Griffin-Spalding County student-counselor ratio is 328:1 — near the typical range (US average ~408) — within the typical range for U.S. public districts
student-counselor ratio is the simplest comparative metric but it does not capture the full picture: the ratio counts FTE counselors against total enrollment — districts that contract intervention or social-emotional staff outside the counselor classification may be under-counted Variation between sub-units within Griffin-Spalding County is typically wider than the Griffin-Spalding County-aggregate figure suggests.
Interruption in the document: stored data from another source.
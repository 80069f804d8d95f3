//! What was told of an inner block, kept by the values of its parameters.

ghost use Rattle.std.specs.Prelude.{◌≡◌, ◌<◌, IfOk, Some, length, map};
ghost use Rattle.std.specs.Bool.{Decides};
ghost use Rattle.definitions_answers.specs.Parameters.{outer_values};
ghost use Rattle.definitions.specs.Value.{Null, Text};
ghost use Rattle.sqlvalue.specs.Meaning.{number_of, value_of};
ghost use Rattle.sqlvalue.specs.Owned.{owned_value};
ghost use Rattle.subqueries.specs.Keys.{key_of_option};
ghost use Rattle.subqueries.specs.OuterColumns.{outer_columns_of};

use crate::memory::bytes_of_key;
use crate::parameters::OuterColumn;
use crate::telling::Told;
use filters::OuterRows;
use query_tree::Quantifier;
use sqlvalue::{ComparisonOperator, Num, OwnedValue, Raise, Tri, Value};
use std::alloc::{AllocError, Global};

/// An odd number of 64 bits, by which hashes are multiplied (own).
const SPREAD: u64 = 0x9E37_79B9_7F4A_7C15;

/// A result: what was told of a block where its parameters had these values, whether its existence was all that was asked, its total
/// there, and about how many bytes it takes (own). Where there was no memory for the values it isn't found again.
#[derive(Drop)]
struct KeptResult {
    key: Option<Vec<OwnedValue>>,
    existence: bool,
    told: Told,
    total: u64,
    bytes: u64,
}

/// The results of a block that are kept: each has its place by the hash of its key, and a later one takes the place of an earlier
/// one. One place is the latest (own; Selinger et al. 1979, section 6, use a result again where the referenced value is the same).
/// How many bytes they take together is counted as they come and go, and how many have come.
#[derive(Drop)]
pub struct KeptResults {
    places: Vec<Option<KeptResult>>,
    latest: usize,
    bytes: u64,
    evaluations: u32,
    ghost within: { latest < length places.items },
}

impl KeptResults {
    ghost use Rattle.std.specs.Prelude.{IfNone, IfSome, Ok, OnErr, OnOk, OnSome, is_ok, is_some, max};
    ghost use Rattle.std.specs.List.{AllByRecursion};
    ghost use Rattle.definitions.specs.Queries.Evaluation.{column_values, on_one, quantified};
    ghost use Rattle.definitions.specs.Queries.Telling.{MayAnswer};
    ghost use Rattle.definitions_answers.specs.Told.{meaning_told};
    ghost use Rattle.sqlvalue.specs.Meaning.{op_of};
    ghost use Rattle.sqlvalue.specs.Truths.{truth_of};
    ghost use Rattle.parse_tree.specs.Trees.{quantifier_of};
    ghost use Rattle.expr.specs.Answers.{values_answer_of};
    ghost use Rattle.subqueries.specs.Keeping.{kept_at, key_at, latest_in, kept_with, latest_key, latest_total, places_in, told_last, total_in, IsOther, LeavesOut, Replaces};

    /// So many empty places, and at least one.
    pub fn new(alloc: Global, count: usize) -> Result<KeptResults, AllocError>
        ensures empty { IfOk result (λ r. AllByRecursion (λ place. place ≡ None) (places_in r)) }
        ensures count { IfOk result (λ r. length (places_in r) ≡ max count 1) }
    {
        let mut places = Vec::new(alloc);
        'places: for _place in 0..count.max(1) {
            places.push(None)?;
        }
        Ok(KeptResults {
            places,
            latest: 0,
            bytes: 0,
            evaluations: 0,
        })
    }

    /// The total of the result for the values that the parameters have in the rows around, if it is kept, and as much was asked; it is
    /// the latest then. The latest is looked at first, so it is found again where they are the same.
    pub fn find<A: OuterRows>(
        &mut self,
        existence: bool,
        parameters: &[OuterColumn],
        around: &A,
    ) -> Option<u64>
        ensures key { OnSome result (latest_key self.new
            ≡ Some (outer_values (A.combinations around.now) (outer_columns_of parameters.now))) }
        ensures asked { OnSome result (IfSome (latest_in self.new) (λ kept. kept.existence ≡ existence)) }
        ensures total { IfSome result (λ total. latest_total self.new ≡ Some total) }
        ensures kept { places_in self.new ≡ places_in self.old }
        ensures unchanged { IfNone result (self.new ≡ self.old) }
        ensures missing { IfNone result (IsOther existence
            (outer_values (A.combinations around.now) (outer_columns_of parameters.now)) (latest_in self.old)) }
    {
        if let Some(total) = self.total_at(self.latest, existence, parameters, around) {
            return Some(total);
        }
        let place = place_of(parameters, around, self.places.len());
        let total = self.total_at(place, existence, parameters, around)?;
        self.latest = place;
        Some(total)
    }

    /// The total of the result in a place, where it is for the values that the parameters have in the rows around, and as much was asked.
    fn total_at<A: OuterRows>(
        &self,
        place: usize,
        existence: bool,
        parameters: &[OuterColumn],
        around: &A,
    ) -> Option<u64>
        requires { place < length self.now.places.items }
        ensures key { OnSome result (key_at self.now place
            ≡ Some (outer_values (A.combinations around.now) (outer_columns_of parameters.now))) }
        ensures asked { OnSome result (IfSome (kept_at self.now place) (λ kept. kept.existence ≡ existence)) }
        ensures total { IfSome result (λ total. total_in self.now place ≡ Some total) }
        ensures missing { IfNone result (IsOther existence
            (outer_values (A.combinations around.now) (outer_columns_of parameters.now)) (kept_at self.now place)) }
    {
        match &self.places[place] {
            Some(kept) => {
                if kept.existence == existence && has_key(&kept.key, parameters, around) {
                    Some(kept.total)
                } else {
                    None
                }
            }
            None => None,
        }
    }

    /// Keeps a result in place of another, by its key if it has one; it is the latest.
    pub fn keep(&mut self, key: Option<Vec<OwnedValue>>, existence: bool, told: Told, total: u64)
        ensures latest { latest_in self.new ≡ Some (kept_with key existence told total) }
        ensures kept { Replaces (places_in self.old) (places_in self.new) (kept_with key existence told total) }
    {
        let place = self.place_for(&key);
        let bytes = bytes_of_key(&key).saturating_add(told.bytes());
        self.bytes = self
            .bytes
            .saturating_sub(self.bytes_at(place))
            .saturating_add(bytes);
        self.places[place] = Some(KeptResult {
            key,
            existence,
            told,
            total,
            bytes,
        });
        self.latest = place;
        self.evaluations = self.evaluations.saturating_add(1);
    }

    /// How many results have come to be kept, so how often the block was evaluated.
    pub fn evaluations(&self) -> u32 {
        self.evaluations
    }

    /// Where a result is kept: by the hash of its key, or else where the latest one was.
    fn place_for(&self, key: &Option<Vec<OwnedValue>>) -> usize
        ensures { result < length self.now.places.items }
    {
        match key {
            Some(values) => place_of_key(values, self.places.len()),
            None => self.latest,
        }
    }

    /// About how many bytes they take together.
    pub(crate) fn bytes(&self) -> u64 {
        self.bytes
    }

    /// About how many bytes the result in a place takes.
    fn bytes_at(&self, place: usize) -> u64
        requires { place < length self.now.places.items }
    {
        match &self.places[place] {
            Some(kept) => kept.bytes,
            None => 0,
        }
    }

    /// Gives up all results but the latest.
    pub(crate) fn forget(&mut self)
        ensures { LeavesOut self.old self.new }
    {
        self.bytes = self.bytes_at(self.latest);
        'places: for place in 0..self.places.len() {
            self.clear(place);
        }
    }

    /// Gives up the result in a place, unless it is the latest.
    fn clear(&mut self, place: usize)
        requires { place < length self.old.places.items }
        ensures left { LeavesOut self.old self.new }
        ensures latest { self.new.latest ≡ self.old.latest }
        ensures count { length self.new.places.items ≡ length self.old.places.items }
    {
        if place != self.latest {
            let _given_up = self.places[place].take();
        }
    }

    /// What was told last: no rows, where nothing was.
    pub fn first_values(&self) -> Result<&[OwnedValue], Raise>
        ensures { MayAnswer (on_one column_values (meaning_told (told_last self.now))) (values_answer_of result) }
    {
        match &self.places[self.latest] {
            Some(kept) => kept.told.first_values(),
            None => Ok(&[]),
        }
    }

    /// A value compared with all or any of the first values that were told last (ISO/IEC 9075:1992, 8.7); none where nothing was told,
    /// or an exception.
    pub fn quantified_comparison(
        &self,
        op: ComparisonOperator,
        quantifier: Quantifier,
        value: &Value,
    ) -> Option<Tri>
        ensures truth { IfSome result (λ truth. MayAnswer
            (on_one (quantified (quantifier_of quantifier) (op_of op) (value_of value.now))
            (on_one column_values (meaning_told (told_last self.now)))) (Ok (truth_of truth))) }
        ensures given { IfSome (latest_in self.now) (λ kept. is_some result ≡ is_ok kept.told) }
    {
        match &self.places[self.latest] {
            Some(kept) => kept.told.quantified_comparison(op, quantifier, value),
            None => None,
        }
    }
}

/// Where a result is kept, of so many places, by the hash of the values that the parameters have in the rows around (own).
fn place_of<A: OuterRows>(parameters: &[OuterColumn], around: &A, count: usize) -> usize
    requires { 0 < count }
    ensures { result < count }
{
    let mut hash = 0;
    for outer in parameters {
        let value = around.cell(outer.between, outer.column);
        hash = hashed(hash, &value);
    }
    place_in(hash, count)
}

/// The same of values that are kept.
fn place_of_key(key: &[OwnedValue], count: usize) -> usize
    requires { 0 < count }
    ensures { result < count }
{
    let mut hash = 0;
    for own in key {
        hash = hashed(hash, &own.value());
    }
    place_in(hash, count)
}

fn place_in(hash: u64, count: usize) -> usize
    requires { 0 < count }
    ensures { result < count }
{
    (hash >> 32) as usize % count
}

/// A hash with a further value: a null, the units and the scale of a number, or the bytes of a text (own).
fn hashed(hash: u64, value: &Value) -> u64 {
    match value {
        Value::Null => mixed(hash, 1),
        Value::Num(number) => {
            let units = number.size() & u128::from(u64::MAX);
            mixed(mixed(hash, units as u64), u64::from(number.scale))
        }
        Value::Text(text) => {
            let mut all = hash;
            for byte in text.as_bytes() {
                all = mixed(all, u64::from(*byte));
            }
            all
        }
    }
}

fn mixed(hash: u64, part: u64) -> u64 {
    (hash ^ part).wrapping_mul(SPREAD)
}

/// Whether there is a key, of the very values that the parameters have in the rows around.
fn has_key<A: OuterRows>(
    key: &Option<Vec<OwnedValue>>,
    parameters: &[OuterColumn],
    around: &A,
) -> bool
    ensures { Decides result (key_of_option key.now
        ≡ Some (outer_values (A.combinations around.now) (outer_columns_of parameters.now))) }
{
    match key {
        Some(values) => is_key(values, parameters, around),
        None => false,
    }
}

/// Whether kept values are the very ones that the parameters have in the rows around.
fn is_key<A: OuterRows>(key: &[OwnedValue], parameters: &[OuterColumn], around: &A) -> bool
    ensures { Decides result (map owned_value key.now
        ≡ outer_values (A.combinations around.now) (outer_columns_of parameters.now)) }
{
    if key.len() != parameters.len() {
        return false;
    }
    'values: for i in 0..key.len() {
        let outer = &parameters[i];
        let value = around.cell(outer.between, outer.column);
        if !is_same(&key[i], &value) {
            return false;
        }
    }
    true
}

/// Whether a kept value is this very one: of its kind, with its units at its scale, or with its bytes. (Values that compare as equal
/// may differ, as 1 and 1.0, or 'a' and 'a '.)
fn is_same(kept: &OwnedValue, value: &Value) -> bool
    ensures { Decides result (owned_value kept.now ≡ value_of value.now) }
{
    match kept {
        OwnedValue::Null => is_null(value),
        OwnedValue::Num(number) => is_number(*number, value),
        OwnedValue::Text(text) => is_text(text.as_str(), value),
    }
}

fn is_null(value: &Value) -> bool
    ensures { Decides result (Null ≡ value_of value.now) }
{
    match value {
        Value::Null => true,
        _ => false,
    }
}

fn is_number(number: Num, value: &Value) -> bool
    ensures { Decides result (number_of number ≡ value_of value.now) }
{
    match value {
        Value::Num(other) => number.units == other.units && number.scale == other.scale,
        _ => false,
    }
}

fn is_text(text: &str, value: &Value) -> bool
    ensures { Decides result (Text text.now ≡ value_of value.now) }
{
    match value {
        Value::Text(other) => text == *other,
        _ => false,
    }
}

/// The values that the parameters have in the rows around, kept.
pub(crate) fn key_in<A: OuterRows>(
    alloc: Global,
    parameters: &[OuterColumn],
    around: &A,
) -> Result<Vec<OwnedValue>, AllocError>
    ensures { IfOk result (λ key. map owned_value key.items
        ≡ outer_values (A.combinations around.now) (outer_columns_of parameters.now)) }
{
    let mut key = Vec::new(alloc);
    'values: for outer in parameters {
        let value = around.cell(outer.between, outer.column);
        let kept = OwnedValue::new(alloc, &value)?;
        key.push(kept)?;
    }
    Ok(key)
}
Griffin-Spalding County chronic absenteeism rate is 37.3% — high (typically associated with higher-than-average disruption; recent CRDC data showed elevated rates persisting after pandemic-era schooling changes)
chronic absenteeism rate is the simplest comparative metric but it does not capture the full picture: a student is chronically absent if they miss ≥10% of enrolled days for any reason — illness, family obligations, or disengagement Higher values may reflect larger urban scale or recent resource constraints that have widened the gap.
Griffin-Spalding County has 18 schools, including 3 high, 11 other, 4 middle. Total enrollment is 9,563 students.
How much does Griffin-Spalding County spend per student?
Griffin-Spalding County spends $14,916 per student. The district has an equity score of 57/100, ranking #87 in Georgia.
What is the average teacher salary in Griffin-Spalding County?
The average teacher salary in Griffin-Spalding County is $72,182 per year, according to the NCES CCD F-33 Finance Survey.
What is the average rent near Griffin-Spalding County?
The HUD Fair Market Rent for a 2-bedroom in Spalding County County is $N/A/month (2026). This affects housing affordability for families in the district.
What is the demographic composition of Griffin-Spalding County?
Griffin-Spalding County students are 53.5% African American, 26.8% White, 12.4% Hispanic or Latino, 1.0% Asian, averaged across 18 schools. Source: NCES CCD Membership 2024-25.
What is the equity score for Griffin-Spalding County?
Griffin-Spalding County has an equity score of 57/100, ranking #87 out of 216 districts in Georgia. This score measures resource distribution fairness across schools in the district.